• _Task_
From the data underneath, reproduce exactly the stretch that begins at the line with "is no mode." and ends after the line with "length word.now ≤".

(Dataset excerpts Opens)

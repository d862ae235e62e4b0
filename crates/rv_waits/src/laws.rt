ghost use Rattle.rv_waits.specs.Waits.{BoundLaw};

/// No access waits longer than the greatest wait. It does nothing: its contract is what it is for.
pub fn waits_are_bounded()
    ensures { BoundLaw }
{}
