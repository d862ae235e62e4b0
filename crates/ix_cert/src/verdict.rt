ghost use Rattle.std.specs.Prelude.{◌≡◌, ◌≢◌, ◌<◌, ◌^◌, length, OnOk, IfErr};
ghost use Rattle.ix_cert.specs.declared.report.CertErr.{CertErr as Fault};
ghost use Rattle.ix_cert.specs.declared.report.CertErr.TheVariants.{Memory};
ghost use Rattle.ix_cert.specs.Certificates.{IsCertifiedText, IsFaultless, IsRefused, Accepts, Refuses};

use crate::check::check_report;
use crate::read::read_text;
use crate::report::CertErr;
use std::alloc::Global;

/// Checks the text of a report, of fewer than 2^32 bytes, which may come from anyone. A yes shows of each behaviour that its
/// times are legal for the printed problem and no legal schedule costs less, or, where it has no mode, that there is no legal
/// schedule (linear programming, duality). A no names the first line that fails, in the order of the steps: the form of the whole
/// text; then for one behaviour after the other its edges, windows, chains, cost, the bounds of its flow, balances and value, or the bounds,
/// ends and sum of its cycle.
pub fn certify(alloc: Global, bytes: &[u8]) -> Result<(), CertErr>
    requires { length bytes.now < 2 ^ 32 }
    ensures yes { OnOk result (IsCertifiedText bytes.now) }
    ensures ok { OnOk result (IsFaultless bytes.now) }
    ensures no { IfErr result (λ e. e ≢ Memory → IsRefused bytes.now e) }
    ensures accepts { IsFaultless bytes.now → Accepts result }
    ensures refuses { (e : Fault) → IsRefused bytes.now e → Refuses e result }
{
    match read_text(alloc, bytes) {
        Ok((report, first)) => check_report(alloc, &report, first),
        Err(error) => Err(error),
    }
}
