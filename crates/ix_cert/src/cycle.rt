ghost use Rattle.std.specs.Prelude.{◌≡◌, ℕ, ◌<◌, ◌≤◌, length, All, sum_by, nat_lt};
ghost use Rattle.ix_sheet.specs.Schedules.{IsValidProblem};
ghost use Rattle.ix_sheet.specs.Bounds.{IsBoundOf, arc_of};
ghost use Rattle.ix_cert.specs.Faults.{IsOpen, end_before};
ghost use Rattle.ix_cert.specs.Checks.{Tells};

use crate::report::ReportBlock;
use ix_sheet::{Bound, Problem, arc_of_bound};

/// The first bound of the cycle that does not start where the one before ends; the last one is before the first.
pub(crate) fn first_open(b: &ReportBlock) -> Option<usize>
    requires valid { IsValidProblem b.now.problem }
    requires named { All (IsBoundOf b.now.problem) b.now.cycle }
    ensures { Tells (length b.now.cycle) (IsOpen b.now) result }
{
    let cycle = b.cycle.as_slice();
    if cycle.is_empty() {
        return None;
    }
    let mut end = arc_of_bound(&b.problem, &cycle[cycle.len() - 1]).to;
    'bounds: for at in 0..cycle.len() {
        let arc = arc_of_bound(&b.problem, &cycle[at]);
        if arc.from != end {
            return Some(at);
        }
        end = arc.to;
    }
    None
}

/// Whether the numbers of the cycle sum to more than 0.
pub(crate) fn is_positive(b: &ReportBlock) -> bool
    requires valid { IsValidProblem b.now.problem }
    requires named { All (IsBoundOf b.now.problem) b.now.cycle }
    ensures { result ≡ nat_lt (sum_by (λ x. (arc_of b.now.problem x).down) b.now.cycle) (sum_by (λ x. (arc_of b.now.problem x).up) b.now.cycle) }
{
    let mut up = 0u128;
    let mut down = 0u128;
    'bounds: for bound in b.cycle.as_slice() {
        let arc = arc_of_bound(&b.problem, bound);
        up += u128::from(arc.up);
        down += u128::from(arc.down);
    }
    down < up
}
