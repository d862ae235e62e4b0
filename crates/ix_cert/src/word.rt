ghost use Rattle.std.specs.Prelude.{◌≡◌, ◌≢◌, ◌≤◌, length, IfOk, IsUtf8};
ghost use Rattle.std.specs.List.{list_all};
ghost use Rattle.ix_cert.specs.Layout.{Line, IsName, IsKindName, mode_text, is_letter as specified_is_letter, is_name_byte as specified_is_name_byte};
ghost use Rattle.ix_cert.specs.Items.{IsRegister, IsPlainKind};
ghost use Rattle.ix_lines.specs.Readings.{IsReading, Tells, IsAny};

use ix_bits::{Memory, Name};
use ix_graph::{Mode, kind_number};
use ix_lines::{behind, is_label, number};
use std::alloc::Global;

fn is_letter(byte: u8) -> bool
    ensures { result ≡ specified_is_letter byte }
{
    byte.is_ascii_alphabetic() || byte == b'_'
}

fn is_name_byte(byte: u8) -> bool
    ensures { result ≡ specified_is_name_byte byte }
{
    is_letter(byte) || byte.is_ascii_digit()
}

fn are_name_bytes(word: &[u8]) -> bool
    ensures { result ≡ list_all specified_is_name_byte word.now }
{
    for byte in word {
        if !is_name_byte(*byte) {
            return false;
        }
    }
    true
}

/// Whether a word is a name: a letter or `_`, then at most 63 letters, digits and `_`.
pub fn is_name(word: &[u8]) -> bool
    ensures { Tells result (IsName word.now) }
{
    match word {
        [first, rest @ ..] => is_letter(*first) && rest.len() <= 63 && are_name_bytes(rest),
        [] => false,
    }
}

fn is_register(word: &[u8]) -> bool
    ensures { Tells result (IsRegister word.now) }
{
    number(word, 15).is_some()
}

/// Whether a word is the name of a kind without a register.
fn is_plain_kind(word: &[u8]) -> bool
    ensures { Tells result (IsPlainKind word.now) }
{
    let Ok(text) = str::from_utf8(word) else {
        return false;
    };
    let Some(place) = kind_number(text) else {
        return false;
    };
    is_unregistered(place)
}

fn is_unregistered(place: u8) -> bool
    ensures { Tells result ((place ≢ 4) × (place ≢ 8)) }
{
    place != 4 && place != 8
}

/// Whether a word is the printed name of a kind; a register has a number from 0 to 15.
pub fn is_kind(word: &[u8]) -> bool
    ensures { Tells result (IsKindName word.now) }
{
    if let Some(register) = behind(word, b"RdCustReg.") {
        return is_register(register);
    }
    if let Some(register) = behind(word, b"WrCustReg.") {
        return is_register(register);
    }
    is_plain_kind(word)
}

/// The mode that a word names; `none` is no mode.
pub fn mode(word: &[u8]) -> Option<Option<Mode>>
    ensures { IsReading IsAny mode_text word.now result }
{
    if is_label(word, b"none") {
        return Some(None);
    }
    if is_label(word, b"InPipeline") {
        return Some(Some(Mode::InPipeline));
    }
    if is_label(word, b"Tight") {
        return Some(Some(Mode::Tight));
    }
    if is_label(word, b"Decoupled") {
        return Some(Some(Mode::Decoupled));
    }
    if is_label(word, b"Always") {
        return Some(Some(Mode::Always));
    }
    None
}

/// The name with these bytes.
pub fn name(alloc: Global, word: &[u8]) -> Result<Name, Memory>
    requires short { length word.now ≤ 80 }
    requires text { IsUtf8 word.now }
    ensures { IfOk result (λ name. name ≡ word.now) }
{
    match str::from_utf8(word) {
        Ok(text) => Name::from_text(alloc, text),
        Err(_) => unreachable!(),
    }
}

(Dataset excerpts Closes)

• _Answer to the exercise_
/// The mode that a word names; `none` is no mode.
pub fn mode(word: &[u8]) -> Option<Option<Mode>>
    ensures { IsReading IsAny mode_text word.now result }
{
    if is_label(word, b"none") {
        return Some(None);
    }
    if is_label(word, b"InPipeline") {
        return Some(Some(Mode::InPipeline));
    }
    if is_label(word, b"Tight") {
        return Some(Some(Mode::Tight));
    }
    if is_label(word, b"Decoupled") {
        return Some(Some(Mode::Decoupled));
    }
    if is_label(word, b"Always") {
        return Some(Some(Mode::Always));
    }
    None
}

/// The name with these bytes.
pub fn name(alloc: Global, word: &[u8]) -> Result<Name, Memory>
    requires short { length word.now ≤ 80 }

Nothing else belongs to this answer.